Pastor Edmond Chi Wai Tsui has retired after serving the Chinese Methodist congregation in Norwich for 14 years. Rev Nigel Fox writes an appreciation.

One of our privileges as Christians is to receive unmerited favour. We call it “grace”. Sometimes it flows really powerfully.
Just the other Monday, I had the privilege to speak at the farewell service for Pastor Edmond. It was, in fact, his third farewell event – the other two being at Bowthorpe Road Methodist Church on August 1 and 2. The grace of Jesus was clearly shining in my brother Edmond.
Its impact for me originates in a time after World War 2, when my mother turned down the marriage proposal of a boyfriend. They both married someone else, but remained in touch via Christmas cards. I knew of Michael, and over the course of time, we had met on Share Jesus Missions, at Easter People and in other places.

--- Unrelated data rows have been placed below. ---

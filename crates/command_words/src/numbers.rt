// Numbers among the words.
ghost use Rattle.std.specs.Prelude.{◌≡◌, ◌≤◌, IfSome};
ghost use Rattle.std.specs.List.{list_all};
ghost use Rattle.std.specs.Char.{is_ascii_digit};
ghost use Rattle.command_words.specs.Numbers.{number_between};

// Whether all bytes of the text are decimal digits.
fn has_only_digits(text: &str) -> bool
    ensures { result ≡ list_all is_ascii_digit text.now }
{
    let bytes = text.as_bytes();
    for byte in bytes {
        if !byte.is_ascii_digit() {
            return false;
        }
    }
    true
}

/// Returns the number that the text writes in decimal digits, without a sign, if it lies between
/// the bounds.
pub fn number_between(text: &str, least: u64, most: u64) -> Option<u64>
    ensures value { result ≡ number_between least most text.now }
    ensures bounds { IfSome result (λ number. (least ≤ number) × (number ≤ most)) }
{
    if !has_only_digits(text) {
        return None;
    }
    let number = text.parse::<u64>().ok()?;
    if least <= number && number <= most {
        Some(number)
    } else {
        None
    }
}
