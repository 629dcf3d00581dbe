// The command line of the whole program.
ghost use Rattle.std.specs.Prelude.{◌≡◌, IfOk, false};
ghost use Rattle.clap.specs.Simple.{App, with_subcommand};
ghost use Rattle.clap.specs.Words.{app_of};
ghost use Rattle.clap.specs.declared.builder.command.Command.TheViews.{out-Command as fields_of};
ghost use Rattle.command_words.specs.App.{bare_app, blifww_app};
ghost use Rattle.command_words.specs.Arguments.{with_forms};

use crate::app::{Argument, CommandForm, command_with};
use clap::Command;
use std::alloc::{AllocError, Global};

// What a command takes that streams drive.
const DRIVEN: &[Argument] = &[Argument::Required("cycles"), Argument::Streams];

const COMMANDS: &[CommandForm] = &[
    CommandForm {
        name: "compile",
        arguments: &[Argument::Free("contexts"), Argument::Streams],
    },
    CommandForm {
        name: "simulate",
        arguments: DRIVEN,
    },
    CommandForm {
        name: "eval",
        arguments: DRIVEN,
    },
    CommandForm {
        name: "probe",
        arguments: &[
            Argument::Required("cycles"),
            Argument::Required("net"),
            Argument::Free("path"),
            Argument::Streams,
        ],
    },
    CommandForm {
        name: "window",
        arguments: &[
            Argument::Required("gen"),
            Argument::Required("x"),
            Argument::Required("y"),
            Argument::Required("width"),
            Argument::Required("height"),
            Argument::Streams,
        ],
    },
    CommandForm {
        name: "make",
        arguments: &[Argument::Required("seed"), Argument::Required("size")],
    },
    CommandForm {
        name: "self",
        arguments: &[
            Argument::Required("seed"),
            Argument::Required("size"),
            Argument::Required("cycles"),
        ],
    },
    CommandForm {
        name: "tape",
        arguments: DRIVEN,
    },
    CommandForm {
        name: "aiger",
        arguments: &[],
    },
    CommandForm {
        name: "vcd",
        arguments: DRIVEN,
    },
    CommandForm {
        name: "lift",
        arguments: &[],
    },
];

// The program's own level, without clap's help and version.
fn bare_command<'a>(alloc: Global) -> Command<'a>
    ensures { app_of result ≡ bare_app }
{
    Command::new(alloc, "blifww")
        .subcommand_required(true)
        .disable_help_flag(true)
        .disable_help_subcommand(true)
        .disable_version_flag(true)
}

// The program with this subcommand added, if the subcommand was made.
fn with_command<'a>(
    program: Command<'a>,
    command: Result<Command<'a>, AllocError>,
) -> Result<Command<'a>, AllocError>
    ensures { (app : App) → IfOk command.entry (λ c. app_of c ≡ app) →
        IfOk command.entry (λ c. (fields_of c).has_globals ≡ false)
        → IfOk result (λ c. app_of c ≡ with_subcommand (app_of program.entry) app.top) }
{
    match command {
        Ok(command) => program.subcommand(command),
        Err(error) => Err(error),
    }
}

// The program with commands of these forms added.
fn with_commands<'a>(
    alloc: Global,
    program: Command<'a>,
    forms: &[CommandForm],
) -> Result<Command<'a>, AllocError>
    ensures { (app : App) → app_of program.entry ≡ app →
        IfOk result (λ c. app_of c ≡ with_forms app forms.now) }
{
    let mut whole = program;
    'forms: for form in forms {
        whole = with_command(whole, command_with(alloc, form))?;
    }
    Ok(whole)
}

/// Makes the program's command line, with one subcommand for each command.
pub fn blifww_command<'a>(alloc: Global) -> Result<Command<'a>, AllocError>
    ensures { IfOk result (λ c. app_of c ≡ blifww_app) }
{
    with_commands(alloc, bare_command(alloc), COMMANDS)
}
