/// The list with the values in place of the items between two places.
#[tactic(auto, using(crate::proofs::AnswerLemmas::bounds))]
fn splice_of_kept(
    alloc: Global,
    list: &ListString,
    from: usize,
    to: usize,
    values: &[Text],
) -> Reply
    requires in_order { from ≤ to }
    requires within { to ≤ length list.now }
    ensures { Gives result (answers (list_form (spec.spliced list.now from to values.now))) }
{
    match list.spliced(alloc, from, to, values) {
        Ok(list) => kept_answer(alloc, list),
        Err(TextFault::TooLong) => Err(limit_reached(alloc)),
        Err(TextFault::NoMemory) => Err(Refusal::NoMemory),
    }
}

/// The list of the items with the values in place of those between two places.
fn splice_answer(alloc: Global, items: &[Text], from: usize, to: usize, values: &[Text]) -> Reply
    requires in_order { from ≤ to }
    requires within { to ≤ length items.now }
    ensures { Gives result (answers (list_form (spec.spliced items.now from to values.now))) }
{
    let mut spliced = Vec::new(alloc);
    push_copies(&mut spliced, &items[..from])?;
    push_copies(&mut spliced, values)?;
    push_copies(&mut spliced, &items[to..])?;
    list_answer(alloc, spliced.as_slice())
}

/// Adds copies of the texts, which share their characters.
fn push_copies(list: &mut Vec<Text>, texts: &[Text]) -> Result<(), AllocError>
    ensures { OnOk result (list.new.items ≡ list.old.items ++ texts.now) }
{
    for text in texts {
        list.push(text.copy()?)?;
    }
    Ok(())
}

/// `lsearch ?-exact|-glob? list pattern`: the place of the first item that matches, or -1.
pub fn lsearch_words(alloc: Global, words: &[Text]) -> Reply
    ensures { Gives result (spec.lsearch_words words.now) }
{
    match words {
        [list, pattern] => search_glob(alloc, list, pattern),
        [option, list, pattern] => search_by(alloc, option, list, pattern),
        _ => wrong_args(alloc, "lsearch ?-exact|-glob? list pattern"),
    }
}

/// The place of the first item that matches in the way that the option names.
#[tactic(auto, unfolding(crate::specs::ListCommands::search_by))]
fn search_by(alloc: Global, option: &Text, list: &Text, pattern: &Text) -> Reply
    ensures { Gives result (spec.search_by option.now pattern.now list.now) }
{
    match option.as_str() {
        "-exact" => search_exact(alloc, list, pattern),
        "-glob" => search_glob(alloc, list, pattern),
        _ => bad_option(alloc, option),
    }
}

fn search_exact(alloc: Global, list: &Text, pattern: &Text) -> Reply
    ensures { Gives result (spec.search_in (spec.is_exactly pattern.now) list.now) }
{
    let items = items_in(alloc, list)?;
    place_answer(alloc, place_of_equal(items.as_slice(), pattern))
}

fn search_glob(alloc: Global, list: &Text, pattern: &Text) -> Reply
    ensures { Gives result (spec.search_in (spec.is_like pattern.now) list.now) }
{
    let items = items_in(alloc, list)?;
    place_answer(alloc, place_of_match(items.as_slice(), pattern))
}

fn place_of_equal(items: &[Text], pattern: &Text) -> Option<usize>
    ensures { result ≡ position (spec.is_exactly pattern.now) items.now }
{
    items
        .iter()
        .position(|item| item.as_str() == pattern.as_str())
}

fn place_of_match(items: &[Text], pattern: &Text) -> Option<usize>
    ensures { result ≡ position (spec.is_like pattern.now) items.now }
{
    items
        .iter()
        .position(|item| Text::glob_match(pattern, item))
}
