//! What the words behind a command's name ask for.
ghost use Rattle.std.specs.Prelude.{◌≡◌};
ghost use Rattle.tcl_text.specs.Answers.{Gives};
ghost use Rattle.tk_class_commands.specs.Requests as spec;
ghost use Rattle.tk_screen.specs.Shared.{own_of};

use crate::buttons::ButtonRequest;
use crate::entries::EntryRequest;
use crate::listboxes::ListboxRequest;
use crate::table::{ClassCommand, ClassForm, PathForm, WordForm};
use crate::targets::{integer_in, number_of};
use std::alloc::Global;
use tcl_text::Text;
use tcl_text::answers::{Refusal, bad_option, wrong_args};
use tk_screen::Screen;
use tk_widgets::{EntryEdit, Move, RowStep};

/// What a command asks of a widget.
#[derive(Drop)]
pub enum ClassRequest {
    Button(ButtonRequest),
    Entry(EntryRequest),
    Listbox(ListboxRequest),
}

/// A widget, by the number of its window, and what a command asks of it.
#[derive(Drop)]
pub struct ClassTarget {
    pub number: u64,
    pub request: ClassRequest,
}

/// The widget that the words are for, and what they ask of it.
pub fn target_in(
    alloc: Global,
    screen: &Screen,
    slot: usize,
    command: &ClassCommand,
    words: &[Text],
) -> Result<ClassTarget, Refusal>
    ensures { Gives result (spec.target_in command.now words.now (own_of slot screen.now)) }
{
    match command.form {
        ClassForm::Path(form) => path_target(alloc, screen, slot, command, form, words),
        ClassForm::Word(form) => word_target(alloc, screen, slot, command, form, words),
    }
}

fn path_target(
    alloc: Global,
    screen: &Screen,
    slot: usize,
    command: &ClassCommand,
    form: PathForm,
    words: &[Text],
) -> Result<ClassTarget, Refusal>
    ensures { Gives result (spec.path_target command.now form words.now (own_of slot screen.now)) }
{
    match words {
        [path] => {
            let number = number_of(alloc, screen, slot, command.kind, path)?;
            let request = path_request(form);
            Ok(ClassTarget { number, request })
        }
        _ => wrong_args(alloc, command.usage),
    }
}

fn word_target(
    alloc: Global,
    screen: &Screen,
    slot: usize,
    command: &ClassCommand,
    form: WordForm,
    words: &[Text],
) -> Result<ClassTarget, Refusal>
    ensures { Gives result (spec.word_target command.now form words.now (own_of slot screen.now)) }
{
    match words {
        [path, word] => {
            let number = number_of(alloc, screen, slot, command.kind, path)?;
            let request = word_request(alloc, form, word)?;
            Ok(ClassTarget { number, request })
        }
        _ => wrong_args(alloc, command.usage),
    }
}

/// What a path alone asks for.
fn path_request(form: PathForm) -> ClassRequest
    ensures { result ≡ spec.path_request form }
{
    match form {
        PathForm::Button(request) => ClassRequest::Button(request),
        PathForm::Backspace => ClassRequest::Entry(EntryRequest::Edit(EntryEdit::Backspace)),
        PathForm::Delete => ClassRequest::Entry(EntryRequest::Edit(EntryEdit::DeleteBehind)),
        PathForm::Choose => ClassRequest::Listbox(ListboxRequest::Choose),
    }
}

/// What the word behind a path asks for: the errors of a word that is no integer (1), no way and no step.
fn word_request(alloc: Global, form: WordForm, word: &Text) -> Result<ClassRequest, Refusal>
    ensures { Gives result (spec.word_request form word.now) }
{
    match form {
        WordForm::Typed => {
            let typed = EntryEdit::Typed(word.copy()?);
            Ok(ClassRequest::Entry(EntryRequest::Edit(typed)))
        }
        WordForm::Move => {
            let way = way_in(alloc, word)?;
            Ok(ClassRequest::Entry(EntryRequest::Move(way)))
        }
        WordForm::Point => {
            let x = integer_in(alloc, word)?;
            Ok(ClassRequest::Entry(EntryRequest::Point(x)))
        }
        WordForm::Press => {
            let y = integer_in(alloc, word)?;
            Ok(ClassRequest::Listbox(ListboxRequest::Press(y)))
        }
        WordForm::Drag => {
            let y = integer_in(alloc, word)?;
            Ok(ClassRequest::Listbox(ListboxRequest::Drag(y)))
        }
        WordForm::Step => {
            let step = step_in(alloc, word)?;
            Ok(ClassRequest::Listbox(ListboxRequest::Step(step)))
        }
    }
}

/// The way of the cursor that a word names.
fn way_in(alloc: Global, word: &Text) -> Result<Move, Refusal>
    ensures { Gives result (spec.way_in word.now) }
{
    match Move::named(word.as_str()) {
        Some(way) => Ok(way),
        None => bad_option(alloc, word),
    }
}

/// The step that a word is.
fn step_in(alloc: Global, word: &Text) -> Result<RowStep, Refusal>
    ensures { Gives result (spec.step_in word.now) }
{
    match RowStep::named(word.as_str()) {
        Some(step) => Ok(step),
        None => bad_option(alloc, word),
    }
}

When the small Chinese fellowship began using Wroxham Road for Sunday afternoon meetings, I was introduced to Edmond with the words, “This is Edmond, from Epsom”. Summoning my limited knowledge of Epsom, I mentioned the name of a friend of my mother’s and asked if he knew Michael Whelton. 
I didn’t realise was that Michael had been Edmond’s staunch supporter and mentor as a Local Preacher over many years and had earned the closeness that Chinese culture awards a long-term helper. Calling the meeting to attention, Edmond announced in Cantonese that I knew Michael Whelton (or words to that effect). That link made me part of their extended family – the foundation of something so precious – as Edmond regarded me as his brother.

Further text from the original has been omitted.